En 1972 Ferdinand Piëch quitte Porsche pour créer son propre cabinet de conseil en ingénierie. Après une année, il entre chez Audi, déjà au sein de la société Volkswagen, ou il démarre sa montée en puissance en hissant la société au niveau de ses concurrents les plus directs, Mercedes et BMW, et en finalisant une restructuration de toutes les entités intégrant Volkswagen pour leur donner la structure d’aujourd’hui. Passant à la tête du groupe en 1993, il y reste jusqu’en 2015, d’abord comme PDG et ensuite comme président du directoire.

Avec l’ADN de l’arrière-grand-père Ferdinand Porsche et du père Ferdinand Piëch, certainement sans se soucier de comment joindre les deux bouts, Toni Piëch doit quand même se soucier de la réussite commerciale de son projet. Lui-même sorti de l’université de Princeton diplômé d’études de l’Asie de l’Est, il est parti en Chine pendant une douzaine d’années avant de rentrer à Zurich fonder Piëch Automotive.

Que faire si on ne trouve pas sur le marché des supercars de luxe celle que l’on recherche ? On n’a qu’à la créer soi-même. Chose voulue, chose faite. Toni et son ami le dessinateur Rea Stark Rajcic, co-fondateur et co-PDG de Piëch Automotive, ont franchi le pas en lançant l’étude et puis le développement du modèle Mark Zero en créant en 2016 Piëch Automotive, nouveau constructeur automobile germano-suisse.

Et on veut qu’elle soit électrique, innovante, modulaire et avec un design intemporel, s’il vous plaît. Sur le marché actuellement en mutation, partir d’une feuille blanche pour réaliser une ligne de voitures de luxe en cherchant à simplifier sa conception et sa plate-forme, et en introduisant des technologies de pointes, notamment dans le domaine d’électrification de l’automobile, c’est relever un défi.

La Mark Zero est le fruit d’une collaboration qui, à la base, est une réponse au manque de véhicule sur le marché actuel qui répond à leur critères : une plate-forme modulable qui permettra de décliner la gamme facilement en plusieurs modèles complémentaires ; tout en prenant la pole position en tant qu’apporteur d’innovations techniques importantes, telle la recharge la plus rapide du marché : 500 km d’autonomie, recharge à 80% en 4 minutes et 40 secondes !

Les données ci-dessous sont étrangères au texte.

//! Where one modifier alone comes next: a straight line of modifiers is applied without a search.
ghost use Rattle.std.specs.Prelude.{◌≡◌, ℕ, ◌+◌, [], Some, length, slice_get, IfOk, IsTrue, ◌↔◌};
ghost use Rattle.rbg_rules.specs.Meaning.{IsGame, after, Ends, positions_of};
ghost use Rattle.rbg_auto.specs.Steps.{AreNext};
ghost use Rattle.rbg_flat.specs.Onward.{IsOnward, IsOnwardTo};
ghost use Rattle.rbg_flat.specs.internal.Leading.{IsPositionIn};
ghost use Rattle.rbg_flat.specs.internal.Shown.{ShowsOnward};

use rbg_auto::Steps;
use rbg_base::{Memory, Position};
use rbg_rules::{Action, Game};
use std::alloc::Global;

/// What comes next after a position, where that is one modifier alone and no word ends before it.
#[derive(Clone, Copy, Drop)]
pub enum Onward {
    /// Nothing is known: several actions may come next, or another one, or none, or a word may end.
    Unknown,
    /// The off or the assignment at this position.
    Modifier(Position),
    /// The switch at this position.
    Switch(Position),
}

/// What comes next after each position, from 0 on.
pub(crate) fn all_onward<S: Steps>(
    alloc: Global,
    game: &Game,
    steps: &S,
) -> Result<Vec<Onward>, Memory>
    requires { S.of_rules steps.now game.now.rules }
    ensures told { IfOk result (λ onward. (p : ℕ) (told : Onward)
        → slice_get onward.items p ≡ Some told → IsOnward game.now.rules p told) }
{
    let count = game.positions() + 1;
    let mut onward = Vec::with_capacity(alloc, count)?;
    for index in 0..count {
        let position = index as Position;
        let next = steps.next(position);
        let ends = steps.may_end(position);
        onward.push(onward_from(game, position, next, ends))?;
    }
    Ok(onward)
}

/// What comes next after a position: these positions may, and a word may end there or not.
fn onward_from(game: &Game, position: Position, next: &[Position], ends: bool) -> Onward
    requires lawful { IsGame game.now }
    requires next { AreNext game.now.rules position next.now }
    requires ends { IsTrue ends ↔ Ends game.now.rules (after position) [] }
    ensures { IsOnward game.now.rules position result }
{
    if ends {
        return Onward::Unknown;
    }
    match next {
        [only] => onward_to(game, *only),
        _ => Onward::Unknown,
    }
}

/// What is known of the action at a position, if it is a modifier.
fn onward_to(game: &Game, position: Position) -> Onward
    requires lawful { IsGame game.now }
    requires position { IsPositionIn game.now position }
    ensures { IsOnwardTo game.now.rules position result }
{
    onward_by(position, game.action(position))
}

/// The same of this action.
fn onward_by(position: Position, action: &Action) -> Onward
    ensures { ShowsOnward position action.now result }
{
    match action {
        Action::Off { .. } | Action::Assign { .. } => Onward::Modifier(position),
        Action::Switch { .. } => Onward::Switch(position),
        Action::Shift { .. }
        | Action::On { .. }
        | Action::Compare { .. }
        | Action::Positive
        | Action::Negative => Onward::Unknown,
    }
}
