//! Dead ends: patterns in which no modifier and no pattern comes next, as is seen at once or by a walk. A dead end may be
//! valid, since a word may end with shifts, ons and comparisons alone.
ghost use Rattle.std.specs.Prelude.{ℕ, ◌<◌, length, All, IfSome, IsTrue};
ghost use Rattle.rbg_rules.specs.Meaning.{IsGame, IsStart, inside, IsStateOf, beginning};
ghost use Rattle.rbg_flat.specs.Chains.{at_vertex};
ghost use Rattle.rbg_flat.specs.Ending.{IsDeadEnd};
ghost use Rattle.rbg_flat.specs.Paths.{ArePathsOf};
ghost use Rattle.rbg_flat.specs.internal.Ending.{AreDead, IsDeadTarget, IsFilledTarget};
ghost use Rattle.rbg_flat.specs.internal.Setting.{IsLawfulSetting};

use crate::gathering::is_modifier;
use crate::passing::to_try;
use crate::paths::Paths;
use crate::setting::Setting;
use crate::walk::walked_end;
use crate::words::{lowest, shared, without};
use rbg_auto::Expr;
use rbg_base::{Position, Vertex};
use rbg_rules::Game;
use rbg_shifts::{Origin, Target};
use rbg_state::SemiState;

/// What is told of the inside of a pattern at a vertex where no modifier and no pattern comes next.
#[derive(Clone, Copy, Drop)]
pub struct DeadEnd {
    /// How many candidates there are.
    pub many: usize,
    /// Whether a word may end.
    pub ends: bool,
}

impl Paths {
    /// How many candidates the inside of a pattern has at a vertex, and whether a word may end, where ons and comparisons
    /// alone come next. This needs no sets. It is looked for only where the first leaps lead to one vertex at each position:
    /// mostly they lead nowhere, or to what doesn't hold, and else a walk may tell. Where neither does, it is None.
    #[inline(always)]
    pub fn dead_end(
        &self,
        game: &Game,
        state: &SemiState,
        pattern: Position,
        vertex: Vertex,
    ) -> Option<DeadEnd>
        requires lawful { IsGame game.now }
        requires paths { ArePathsOf game.now self.now }
        requires fits { IsStateOf game.now state.now.state }
        requires vertex { vertex < length game.now.board.first }
        requires stands { IsStart game.now.rules (beginning (inside pattern)) }
        ensures { IfSome result (λ dead. IsDeadEnd game.now (at_vertex state.now.state vertex)
            (beginning (inside pattern)) dead.many dead.ends) }
    {
        if !self.is_narrow(pattern) {
            return None;
        }
        let origin = Origin::Begin(Expr::Inside(pattern));
        let Some(leaps) = self.leaps() else {
            return None;
        };
        let (targets, ends) = leaps.leads(origin, vertex);
        let setting = Setting {
            game,
            paths: self,
            state,
        };
        if are_dead(&setting, targets) {
            let many = targets.len();
            Some(DeadEnd { many, ends })
        } else if !self.is_plain(pattern) {
            None
        } else {
            walked_end(game, self, state, pattern, vertex)
        }
    }
}

/// Whether nothing goes on from the targets, each of which has one vertex and a greater position than the one before it.
#[inline(always)]
fn are_dead(setting: &Setting, targets: &[Target]) -> bool
    requires set { IsLawfulSetting setting.now }
    requires targets { All (IsFilledTarget setting.now.game.now) targets.now }
    ensures { IsTrue result → (last : ℕ)
        × AreDead setting.now.game.now setting.now.state.now.state targets.now last }
{
    let mut before = 0;
    for target in targets {
        if target.position <= before || !is_dead(setting, target) {
            return false;
        }
        before = target.position;
    }
    true
}

/// Whether a target has one vertex, and nothing goes on there.
#[inline(always)]
fn is_dead(setting: &Setting, target: &Target) -> bool
    requires set { IsLawfulSetting setting.now }
    requires target { IsFilledTarget setting.now.game.now target.now }
    ensures { IsTrue result
        → IsDeadTarget setting.now.game.now setting.now.state.now.state target.now }
{
    let rest = without(target.word, lowest(target.word));
    if rest != 0 || is_modifier(setting.game, setting.paths, target.position) {
        return false;
    }
    let opens = to_try(setting, target.position, target.column as usize);
    shared(target.word, opens) == 0
}
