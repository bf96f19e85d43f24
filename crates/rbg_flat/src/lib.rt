//! What is found from one place in the rules and one semi-state with no modifier before it, by sets of vertices.
#![tactic(auto)]

mod ending;
mod flat;
mod followers;
mod found;
mod gathering;
pub mod laws;
mod leading;
mod onward;
mod passing;
mod paths;
mod sets;
mod setting;
mod table;
mod walk;
mod words;

pub use ending::DeadEnd;
pub use flat::{AskedWord, Flat, NotGathered};
pub use found::Modifiers;
pub use onward::Onward;
pub use paths::{Paths, is_shift};
pub use words::{lowest, with, without};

Ses cellules de batterie proviendront du groupe Desten, fabricant basé à Hong Kong. Avec une longévité de plus de 5 000 cycles de charge et de recharge, et l’absence de gros écart de température, la Mark Zero s’allégera de plus de 200 kg du système de refroidissement qui n’y sera pas nécessaire. Avec le lancement de la production prévu pour 2020, la Mark Zero sera le premier véhicule au monde doté de ce système de rechargement, un véritable atout dans ce monde si compétitif qui est le monde de l’automobile haut de gamme.

Un poids ne dépassant pas les 1800 kg, une accélération de 0 à 100 km/h en 3,2 secondes et une vitesse de pointe annoncée à 250 km/h, cette construction modulaire vise à simplifier la conception d’une plate-forme autant pour le choix des groupes propulseurs (thermique, électrique, hybride ou par des piles à combustible) que pour la variation des modèles entre le coupé Grand Tourisme, strictement deux place, une berline quatre portes ou un SUV de la même taille que la berline. Un peu comme un jeu de Lego, Piëch Automotive envisage les blocs modulables permettant de tenir les modèles à jour en échangeant les blocs quand cela devient nécessaire.

L’ingénieur en chef chez Piëch Automotive basé à Munich, Klaus Schmidt, est le concepteur de ces modalités. L’ancien ingénieur en chef responsable chez BWM de la Division-M, les versions les plus performantes de la marque bavaroise, est arrivé chez Piëch fort de ses 30 années d’expérience dans l’automobile haut de gamme et de luxe.

La Mark Zero veut délibérément rappeler les GT des années 60 et 70, tout en proposant un choix d’un véhicule 100% électrifié sur le marché des automobiles de luxe mais sans franchir le prix des 200 000 euros, tel qu’a annoncé Rea Stark lors du dévoilement à Genève. Leur but est d’en produire dans un premier temps entre 2 000 à 3 000 exemplaires par an.

Avec le nom de Piëch, les technologies réunies, les performances atteintes, la ligne de rêve et le prix alléchant, la Mark Zero est vouée à la réussite… et Toni à assurer que le flambeau ne s’éteindra pas.